Жан-Поль Бюиссон вздрогнул:
– Что же теперь будет?
– Нам бы хотелось, чтобы вы побыли несколько дней в центре инфекционных болезней Сен-Луи в Десятом округе. Вы будете под наблюдением, врачи изучат поведение этого вируса, но, главное, вы никого не заразите. Очень важно, чтобы эта футбольная команда не отправилась в турне по всей Франции, если вы понимаете, что я хочу сказать.
Старик поднялся, по-прежнему закутанный в плед.
– Хорошо. Пойду соберу вещи.
Он направился в спальню.
– И не забудьте показать нам ежедневник в вашем телефоне, – сказала Амандина, доставая свою завибрировавшую трубку. – У вас наверняка был длительный контакт с этой футбольной командой в тот или иной момент.
Она ответила на звонок, не снимая маски, поговорила с минуту и отключилась в ярости. Жоан подошел за новостями:
– Что ты такая злая?
– Это был журналист из «Вуа дю Нор», который интересуется мертвыми птицами в Маркантере. Не знаю, откуда он получил информацию и как раздобыл мой номер телефона. Я послала его подальше.

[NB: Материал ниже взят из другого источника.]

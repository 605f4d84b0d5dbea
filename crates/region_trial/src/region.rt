//! One region, by runs of both versions.

ghost use Rattle.std.specs.Prelude.{◌≡◌, ◌≢◌, ◌+◌, ◌^◌, ◌<◌, ◌≤◌, IfOk, None};
ghost use Rattle.speculation.specs.declared.tracks.Kind.TheVariants.{Fast, Segment};
ghost use Rattle.speculation.specs.Verdicts.{judge};
ghost use Rattle.speculation.specs.Ledger.{row_at};
ghost use Rattle.speculation_law.specs.Sees.{Sees};
ghost use Rattle.guest_model.specs.Difference.{difference};
ghost use Rattle.guest_model.specs.Rv32.{rv32};
ghost use Rattle.rv32_law.specs.GuestStates.{IsGuestState};
ghost use Rattle.region_ledger.specs.Ledger.{seen, ledger_row};
ghost use Rattle.track_state.specs.Views.{view_of, begun};
ghost use Rattle.track_state.specs.Transitions.{IsAtBoundary};
ghost use Rattle.region_trial.specs.Reached.{IsClosed, RunsOn};
ghost use Rattle.region_trial.specs.Regions.{Steps};

use crate::running::{Reached, reach};
use basic_types::Steps as Counter;
use guest_model::{Difference, NoMemory};
use region_ledger::{FastPart, Finished, Row, judge};
use track_state::{Track, same};

/// What a part of the program comes to.
#[derive(Drop)]
pub enum Step {
    /// A region closed.
    Region(Region),
    /// The program ended, or its budget was spent, before any further region closed.
    Finished(Finished),
}

/// A region that its original closed.
#[derive(Drop)]
pub struct Region {
    pub row: Row,
    /// The original, at the closing call.
    pub original: Track,
    /// The fast version, where the verdict on it was clear: it took at most as many instructions as the original.
    pub fast: Track,
}

impl Region {
    ghost use Rattle.std.specs.Prelude.{◌≡◌, IfOk};
    ghost use Rattle.speculation.specs.declared.tracks.Kind.TheVariants.{Normal, Segment};
    ghost use Rattle.track_state.specs.Views.{view_of, begun};
    ghost use Rattle.track_state.specs.Transitions.{IsAtBoundary};

    /// The segment behind the region: the program goes on from where the original closed it.
    ///
    /// # Errors
    /// `NoMemory` where there was no room for its pages.
    pub fn go_on(self) -> Result<Track, NoMemory>
        requires { IsAtBoundary Normal (view_of self.original) }
        ensures { IfOk result (λ t. view_of t ≡ begun Segment (view_of self.original).state (view_of self.original).budget) }
    {
        let Region { mut original, .. } = self;
        original.go_on()?;
        Ok(original)
    }
}

/// Runs both versions of the region at whose opening call the segment stands, after `at` instructions of the program and
/// with `left` still in its budget.
///
/// # Errors
/// `NoMemory` where there was no room for the pages of a track.
pub fn pass_region(
    mut track: Track,
    input: &[u8],
    number: u64,
    at: u64,
    left: u64,
) -> Result<Step, NoMemory>
    requires call { IsAtBoundary Segment (view_of track) }
    requires guest { IsGuestState input.now (view_of track).state }
    requires budget { left ≤ (view_of track).budget }
    requires sum { at + left < 2 ^ 64 }
    ensures { IfOk result (λ step. Steps input.now (view_of track).state at left number step (view_of track).budget) }
{
    let mut original = track.fork()?.normal;
    let reached = reach(&mut original, input, left)?;
    if let Some(finished) = reached.finished(at + original.own()) {
        return Ok(Step::Finished(finished));
    }
    let mut fast = track;
    let row = judge_fast(&mut fast, &original, input, number, at)?;
    Ok(Step::Region(Region {
        row,
        original,
        fast,
    }))
}

/// The row of the region that the original closed.
fn judge_fast(
    fast: &mut Track,
    original: &Track,
    input: &[u8],
    number: u64,
    at: u64,
) -> Result<Row, NoMemory>
    requires original { IsClosed input.now (view_of original.now) }
    requires fast { view_of fast.old ≡ begun Fast (view_of original.now).start (view_of original.now).budget }
    ensures row { IfOk result (λ row. ledger_row row ≡ row_at (rv32 input.now) (view_of original.now).start number at (view_of original.now).own) }
    ensures fast { IfOk result (λ row. RunsOn input.now (view_of fast.old) (view_of fast.new) (view_of original.now).own) }
{
    let count = original.own();
    let part = try_fast(fast, original, input)?;
    let Some((verdict, steps)) = judge(count, &part) else {
        unreachable!()
    };
    Ok(Row {
        number,
        at,
        pc: original.start().regs.pc(),
        original: count,
        fast: steps,
        verdict,
    })
}

/// Runs the fast version for at most as many instructions as the original took.
fn try_fast(fast: &mut Track, original: &Track, input: &[u8]) -> Result<FastPart, NoMemory>
    requires original { IsClosed input.now (view_of original.now) }
    requires fast { view_of fast.old ≡ begun Fast (view_of original.now).start (view_of original.now).budget }
    ensures sees { IfOk result (λ part. Sees (rv32 input.now) (view_of original.now).start (view_of original.now).own (seen part)) }
    ensures decided { IfOk result (λ part. judge (view_of original.now).own (seen part) ≢ None) }
    ensures fast { IfOk result (λ part. RunsOn input.now (view_of fast.old) (view_of fast.new) (view_of original.now).own) }
{
    match reach(fast, input, original.own())? {
        Reached::Boundary => Ok(FastPart::Closed {
            steps: fast.own(),
            difference: difference(original, fast),
        }),
        Reached::Ended(_) => Ok(FastPart::Ended(fast.own())),
        Reached::Limit => Ok(FastPart::Running(fast.own())),
    }
}

/// Where two tracks of one start differ first.
fn difference(original: &Track, fast: &Track) -> Option<Difference>
    requires { (view_of fast.now).start ≡ (view_of original.now).start }
    ensures { result ≡ difference (view_of original.now).state (view_of fast.now).state }
{
    let a = original.now();
    let b = fast.now();
    // Both write sets stand in memory, so that the count of the pages that are compared is below 2^64.
    let _written = a.memory.written().as_slice();
    let _fast_written = b.memory.written().as_slice();
    let mut pages = Counter::<Track>::new();
    same(a, b, &mut pages)
}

Журналист времени не терял. Надо сказать, что у этих людей глаза и уши повсюду. Грубить журналистам не рекомендуется, это может только усилить их любопытство, их подозрения. Амандина, однако, не хотела связываться, Жакоб высказался недвусмысленно, и для этого есть отдел внешних связей. Как бы то ни было, информация о мертвых птицах скоро распространится среди населения. Пойдут слухи.
А это плохой знак.
Ее телефон снова зазвонил. Это был Фонг. Она отошла, чтобы поговорить с ним, потом вернулась к Жоану.
– Фонг хочет нас видеть, ему надо нам кое-что показать. Удостоверимся, что больной помещен в Сен-Луи, посмотрим его расписание и едем ко мне.
– Что показать?
– Не знаю. Он только сказал, что мы упадем.